Extrasolar planets: Now that planets around other stars are becoming commonplace, what’s new with them? On PhysOrg, Caltech astronomer Fraser Cain discussed “What are hot Jupiters?”. In text and video, she explains how new theories of migration were invented to account for the unexpected observation of gas giants orbiting their stars closer than Mercury to the sun every 2–3 days. Asked how they got there, she said, either the dust disk in which they formed created a torque pulling them in, or they got slingshotted in by interactions with other planets. Those are just some theories they’re working on.
Extrasolar moons: Space.com claims that extrasolar planets may not need a big moon to support life. Jack Lissauer at NASA-Ames found in computer simulations that changes to obliquity without a large moon were not as dramatic as previously calculated. “For timescales that are relevant to advanced life, it changes by maybe plus or minus 10 degrees — a lot bigger than we have with our moon, but a lot smaller and a lot fewer climate effects [than predicted by previous models],” he said. Still, this is only a simulation. “We’re not talking about, really, the Earth without the moon as a realistic model for the Earth, unless somebody goes out there and destroys the moon,” he said. “We’re using this as the first case of studying a plausible exoplanet, and we’re going to use some future calculations — we’re going to do the same thing with other systems.”
Good time to recall Finagle’s Second Law: “No matter what the experiment’s result, there will always be someone eager to: (a) misinterpret it, (b) fake it, or (c) believe it supports his own pet theory.” Planets spin, and so do their spin doctors. Ask them, “What do you know?” and you get a much smaller subset of verbiage. This is confirmed by the number of times previously held beliefs have been overturned.
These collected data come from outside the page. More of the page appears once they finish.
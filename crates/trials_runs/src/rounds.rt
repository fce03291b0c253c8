//! Rounds of one scheduler over one to eight pools, by each rule, and a run whose rounds go by a free order.

ghost use Rattle.std.specs.Prelude.{◌≡◌, ◌<◌, ◌≤◌, ◌+◌, ◌-◌, ◌%◌, ◌^◌};
ghost use Rattle.abt_machine.specs.Limits.{listed_limit};
ghost use Rattle.abt_order.specs.Schedulers.{IsSchedulerOf, IsStored};

use crate::reports::is_text_of;
use abt_drain::drain;
use abt_machine::{OrderShape, PoolNo, SchedNo, Want, Workload};
use abt_order::{Scheduler, StoredOrder, mirror, rotate};
use abt_workload::read;
use std::alloc::{AllocError, Global};
use std::process::Abort;
use std::test::Fail;

// Eight pools: for BASIC 1 and 6 are of the first class, 2, 3 and 7 of the second, and 0, 4 and 5 of the last.
static HEAD: &str = "abt 1
streams 2
pool 0 fifo mpmc
pool 1 fifo priv of 0
pool 2 deque spsc from 0 to 1
pool 3 fifo mpsc to 0
pool 4 deque spmc from 1
pool 5 fifo mpmc
pool 6 deque priv of 1
pool 7 fifo mpsc to 1
";

static END: &str = "stream 0 main 0\nstream 1 main 1\nunits 0\nend\n";

// The number of the scheduler that is tried. PCG32's published words are those of stream 54 with seed 42.
const TRIED: u32 = 54;

// The rule and the pools of the scheduler that is tried, and the pools of its rounds, from round 0 on.
type Row = (&'static str, &'static [&'static [u32]]);

// PRIO, BASIC and RANDWS. The published words are a15c02b7, 7b47f409, ba1d3330, 83d2f293, bfa4784b and cbed606e: their
// remainders by 3 are 0, 0, 2, 1, 1 and 1, and by 7 they are 4, 4, 6, 0, 3 and 2.
static PLAIN: [Row; 13] = [
    ("prio 5", &[&[5], &[5]]),
    ("prio 5 2", &[&[5, 2], &[5, 2]]),
    ("prio 4 1 7 0", &[&[4, 1, 7, 0], &[4, 1, 7, 0]]),
    (
        "prio 7 4 1 5 3 0 6 2",
        &[&[7, 4, 1, 5, 3, 0, 6, 2], &[7, 4, 1, 5, 3, 0, 6, 2]],
    ),
    ("basic 5", &[&[5], &[5]]),
    ("basic 0 1", &[&[1, 0], &[1, 0]]),
    ("basic 4 3", &[&[3, 4], &[3, 4]]),
    ("basic 0 7 2 6", &[&[6, 7, 2, 0], &[6, 7, 2, 0]]),
    (
        "basic 5 4 3 2 6 0 1 7",
        &[&[6, 1, 3, 2, 7, 5, 4, 0], &[6, 1, 3, 2, 7, 5, 4, 0]],
    ),
    ("randws 42 5", &[&[5], &[5], &[5], &[5], &[5], &[5]]),
    (
        "randws 42 5 2",
        &[&[5, 2], &[5, 2], &[5, 2], &[5, 2], &[5, 2], &[5, 2]],
    ),
    (
        "randws 42 4 1 7 0",
        &[
            &[4, 1, 7, 0],
            &[4, 1, 7, 0],
            &[4, 0, 1, 7],
            &[4, 7, 0, 1],
            &[4, 7, 0, 1],
            &[4, 7, 0, 1],
        ],
    ),
    (
        "randws 42 7 4 1 5 3 0 6 2",
        &[
            &[7, 0, 6, 2, 4, 1, 5, 3],
            &[7, 0, 6, 2, 4, 1, 5, 3],
            &[7, 2, 4, 1, 5, 3, 0, 6],
            &[7, 4, 1, 5, 3, 0, 6, 2],
            &[7, 3, 0, 6, 2, 4, 1, 5],
            &[7, 5, 3, 0, 6, 2, 4, 1],
        ],
    ),
];

// Order 0 rotates.
static ROTATED: [Row; 4] = [
    ("user 0 5", &[&[5], &[5]]),
    ("user 0 5 2", &[&[5, 2], &[2, 5], &[5, 2]]),
    (
        "user 0 4 1 7 0",
        &[
            &[4, 1, 7, 0],
            &[1, 7, 0, 4],
            &[7, 0, 4, 1],
            &[0, 4, 1, 7],
            &[4, 1, 7, 0],
        ],
    ),
    (
        "user 0 7 4 1 5 3 0 6 2",
        &[
            &[7, 4, 1, 5, 3, 0, 6, 2],
            &[4, 1, 5, 3, 0, 6, 2, 7],
            &[1, 5, 3, 0, 6, 2, 7, 4],
        ],
    ),
];

// Order 1 mirrors. So does a free order that answers the places from the last one down, as 1 and 0 for two places.
static MIRRORED: [Row; 4] = [
    ("user 1 5", &[&[5], &[5]]),
    ("user 1 5 2", &[&[2, 5], &[2, 5]]),
    ("user 1 4 1 7 0", &[&[0, 7, 1, 4], &[0, 7, 1, 4]]),
    (
        "user 1 7 4 1 5 3 0 6 2",
        &[&[2, 6, 0, 3, 5, 1, 4, 7], &[2, 6, 0, 3, 5, 1, 4, 7]],
    ),
];

// Order 0 is free and answers the last place each time, as 1 and 1 for two places: each place but the first then gets the one
// that follows cyclically.
static LAST: [Row; 4] = [
    ("user 0 5", &[&[5], &[5]]),
    ("user 0 5 2", &[&[2, 5], &[2, 5]]),
    ("user 0 4 1 7 0", &[&[0, 4, 1, 7], &[0, 4, 1, 7]]),
    (
        "user 0 7 4 1 5 3 0 6 2",
        &[&[2, 7, 4, 1, 5, 3, 0, 6], &[2, 7, 4, 1, 5, 3, 0, 6]],
    ),
];

// A free order that answers by the round, over three, five, six and seven pools.
static TURNED: [Row; 4] = [
    (
        "user 0 4 1 7",
        &[&[4, 1, 7], &[1, 7, 4], &[7, 4, 1], &[4, 1, 7]],
    ),
    (
        "user 0 4 1 7 0 2",
        &[&[4, 1, 7, 0, 2], &[1, 7, 0, 2, 4], &[7, 0, 2, 4, 1]],
    ),
    (
        "user 0 4 1 7 0 2 6",
        &[
            &[4, 1, 7, 0, 2, 6],
            &[1, 7, 0, 2, 6, 4],
            &[7, 0, 2, 6, 4, 1],
        ],
    ),
    (
        "user 0 4 1 7 0 2 6 3",
        &[
            &[4, 1, 7, 0, 2, 6, 3],
            &[1, 7, 0, 2, 6, 3, 4],
            &[7, 0, 2, 6, 3, 4, 1],
        ],
    ),
];

// Two units of the first of two pools, which a stream visits by order 0.
static BY_ORDER: &str =
    "abt 1\nstreams 1\npool 0 fifo mpmc\npool 1 fifo mpmc\nsched 0 user 0 0 1\nstream 0 main 0\nunits 2\nunit 0 ult at 0\nunit 1 ult at 0\nend\n";

// The journal of a run of theirs, in which each round begins at the other pool.
const LAST_FIRST: &str =
    "1 0 miss 1\n2 0 take 0 0\n3 0 look 0\n4 0 end 0 done\n5 0 miss 1\n6 0 take 0 1\n7 0 look 1\n8 0 end 1 done\n9 0 miss 1\n10 0 miss 0\n";

// The text of a workload whose scheduler that is tried has this rule and these pools.
fn text(alloc: Global, rule: &str) -> Result<String, AllocError> {
    let mut text = String::from_str(alloc, HEAD)?;
    for g in 0..TRIED {
        writeln!(text, "sched {g} prio 0")?;
    }
    writeln!(text, "sched {TRIED} {rule}")?;
    text.push_str(END)?;
    Ok(text)
}

// The scheduler that is tried, before its round 0. If it names a stored order, that is order 0 or 1.
fn tried(rt: &impl Abort, w: &Workload) -> Scheduler
    ensures scheduler { IsSchedulerOf w.now result }
    ensures stored { IsStored w.now result.number 2 }
    ensures round { result.round ≡ 0 }
{
    assert!(rt; TRIED < w.scheds());
    w.known();
    Scheduler::new(w, SchedNo(TRIED))
}

// The next round's list. If memory is refused the round is asked for once more: it is the same one.
fn next_round(
    alloc: Global,
    scheduler: &mut Scheduler,
    w: &Workload,
    orders: &[StoredOrder; 2],
) -> Result<Vec<PoolNo>, Want>
    requires scheduler { IsSchedulerOf w.now scheduler.old }
    requires stored { IsStored w.now scheduler.old.number 2 }
    requires counted { scheduler.old.round + 1 < 2 ^ 64 }
    ensures scheduler { IsSchedulerOf w.now scheduler.new }
    ensures number { scheduler.new.number ≡ scheduler.old.number }
    ensures round { scheduler.new.round ≤ scheduler.old.round + 1 }
{
    match scheduler.round(alloc, w, orders) {
        Ok(order) => Ok(order),
        Err(Want) => scheduler.round(alloc, w, orders),
    }
}

// As `next_round`, in the list of an earlier round, which stays as it is if the scheduler remembers it.
fn next_round_into(
    scheduler: &mut Scheduler,
    w: &Workload,
    orders: &[StoredOrder; 2],
    order: &mut Vec<PoolNo>,
) -> Result<(), Want>
    requires scheduler { IsSchedulerOf w.now scheduler.old }
    requires stored { IsStored w.now scheduler.old.number 2 }
    requires counted { scheduler.old.round + 1 < 2 ^ 64 }
    ensures scheduler { IsSchedulerOf w.now scheduler.new }
    ensures number { scheduler.new.number ≡ scheduler.old.number }
    ensures round { scheduler.new.round ≤ scheduler.old.round + 1 }
{
    if scheduler.is_fixed() {
        scheduler.round_again(w);
        return Ok(());
    }
    match scheduler.round_into(w, orders, order) {
        Ok(()) => Ok(()),
        Err(Want) => scheduler.round_into(w, orders, order),
    }
}

// Whether these are the pools of these numbers.
fn are(order: &[PoolNo], wanted: &[u32]) -> bool {
    order.len() == wanted.len() && order.iter().zip(wanted).all(|(p, number)| p.0 == *number)
}

// Whether the rounds of the scheduler that is tried are these: in a list each, and in the list of the round before.
fn are_rounds(
    rt: &impl Abort,
    alloc: Global,
    w: &Workload,
    orders: &[StoredOrder; 2],
    rounds: &[&[u32]],
) -> Result<bool, Want> {
    let mut scheduler = tried(rt, w);
    let mut other = tried(rt, w);
    let mut kept = Vec::new(alloc);
    for wanted in rounds {
        let order = next_round(alloc, &mut scheduler, w, orders)?;
        next_round_into(&mut other, w, orders, &mut kept)?;
        if !are(&order, wanted) || !are(&kept, wanted) {
            return Ok(false);
        }
    }
    Ok(true)
}

// The rounds of a row are those that it says.
fn check(
    rt: &impl Abort,
    alloc: Global,
    orders: &[StoredOrder; 2],
    (rule, rounds): Row,
) -> Result<(), Fail> {
    let text = text(alloc, rule)?;
    let w = read(alloc, text.as_bytes())?;
    let are = are_rounds(rt, alloc, &w, orders, rounds)?;
    assert!(rt; are, "{rule}");
    Ok(())
}

// The rounds of each row are those that it says.
fn check_all(
    rt: &impl Abort,
    alloc: Global,
    orders: &[StoredOrder; 2],
    rows: &[Row],
) -> Result<(), Fail> {
    for row in rows {
        check(rt, alloc, orders, *row)?;
    }
    Ok(())
}

// The answer of shape Rotate. A value may be made of a function of this crate alone.
fn turn(round: u64, n: u32, i: u32) -> u32
    requires count { (0 < n) × (n ≤ listed_limit) }
    requires place { i < n }
    ensures { result ≡ (round + i) % n }
{
    rotate(round, n, i)
}

// The answer of shape Mirror.
fn turn_round(round: u64, n: u32, i: u32) -> u32
    requires count { (0 < n) × (n ≤ listed_limit) }
    requires place { i < n }
    ensures { result ≡ n - 1 - i }
{
    mirror(round, n, i)
}

// The last place, whatever place is asked for.
fn last(_round: u64, n: u32, _i: u32) -> u32
    requires { 0 < n }
    ensures { result + 1 ≡ n }
{
    n - 1
}

#[test]
fn rounds_go_by_the_rule(rt: HostRuntime) -> Result<(), Fail> {
    let alloc = rt.alloc();
    let orders = [StoredOrder::rotating(), StoredOrder::mirroring()];
    check_all(&rt, alloc, &orders, &PLAIN)?;
    check_all(&rt, alloc, &orders, &ROTATED)?;
    check_all(&rt, alloc, &orders, &MIRRORED)
}

#[test]
fn free_orders_are_made_permutations(rt: HostRuntime) -> Result<(), Fail> {
    let alloc = rt.alloc();
    let orders = [
        StoredOrder::new(OrderShape::Free, Box::new(alloc, last)?),
        StoredOrder::new(OrderShape::Free, Box::new(alloc, turn_round)?),
    ];
    check_all(&rt, alloc, &orders, &LAST)?;
    check_all(&rt, alloc, &orders, &MIRRORED)?;
    let orders = [
        StoredOrder::new(OrderShape::Free, Box::new(alloc, turn)?),
        StoredOrder::new(OrderShape::Free, Box::new(alloc, last)?),
    ];
    check_all(&rt, alloc, &orders, &TURNED)
}

// Whether that is the journal of the run by these orders.
fn goes_last_first(alloc: Global, orders: &[StoredOrder; 2]) -> Result<bool, Fail> {
    let w = read(alloc, BY_ORDER.as_bytes())?;
    let run = drain(alloc, &w, orders, 10_000, true)?;
    match &run.journal {
        Some(journal) => Ok(is_text_of(alloc, journal, LAST_FIRST)),
        None => Ok(false),
    }
}

#[test]
fn a_run_goes_by_its_free_order(rt: HostRuntime) -> Result<(), Fail> {
    let alloc = rt.alloc();
    let orders = [
        StoredOrder::new(OrderShape::Free, Box::new(alloc, turn_round)?),
        StoredOrder::new(OrderShape::Free, Box::new(alloc, turn)?),
    ];
    let is = goes_last_first(alloc, &orders)?;
    assert!(rt; is, "the order answers 1 and 0");
    let orders = [
        StoredOrder::new(OrderShape::Free, Box::new(alloc, last)?),
        StoredOrder::new(OrderShape::Free, Box::new(alloc, turn)?),
    ];
    let is = goes_last_first(alloc, &orders)?;
    assert!(rt; is, "the order answers 1 and 1");
    Ok(())
}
This is also a good time to remember Ken Ham’s debate argument contrasting observational science and historical science. Despite Bill Nye’s denials, there is a difference (see also Todd Friel’s explanation on Wretched TV). We can observe hot Jupiters, but we cannot retrace how they got there. We can see Saturn’s F-ring, and dunes on Titan, but nobody was there to see how they got that way. All one can do is model it, or create a plausible story that doesn’t violate known physics. That being the case, alternative models should be welcomed, and any consensus view must be humbly considered tentative.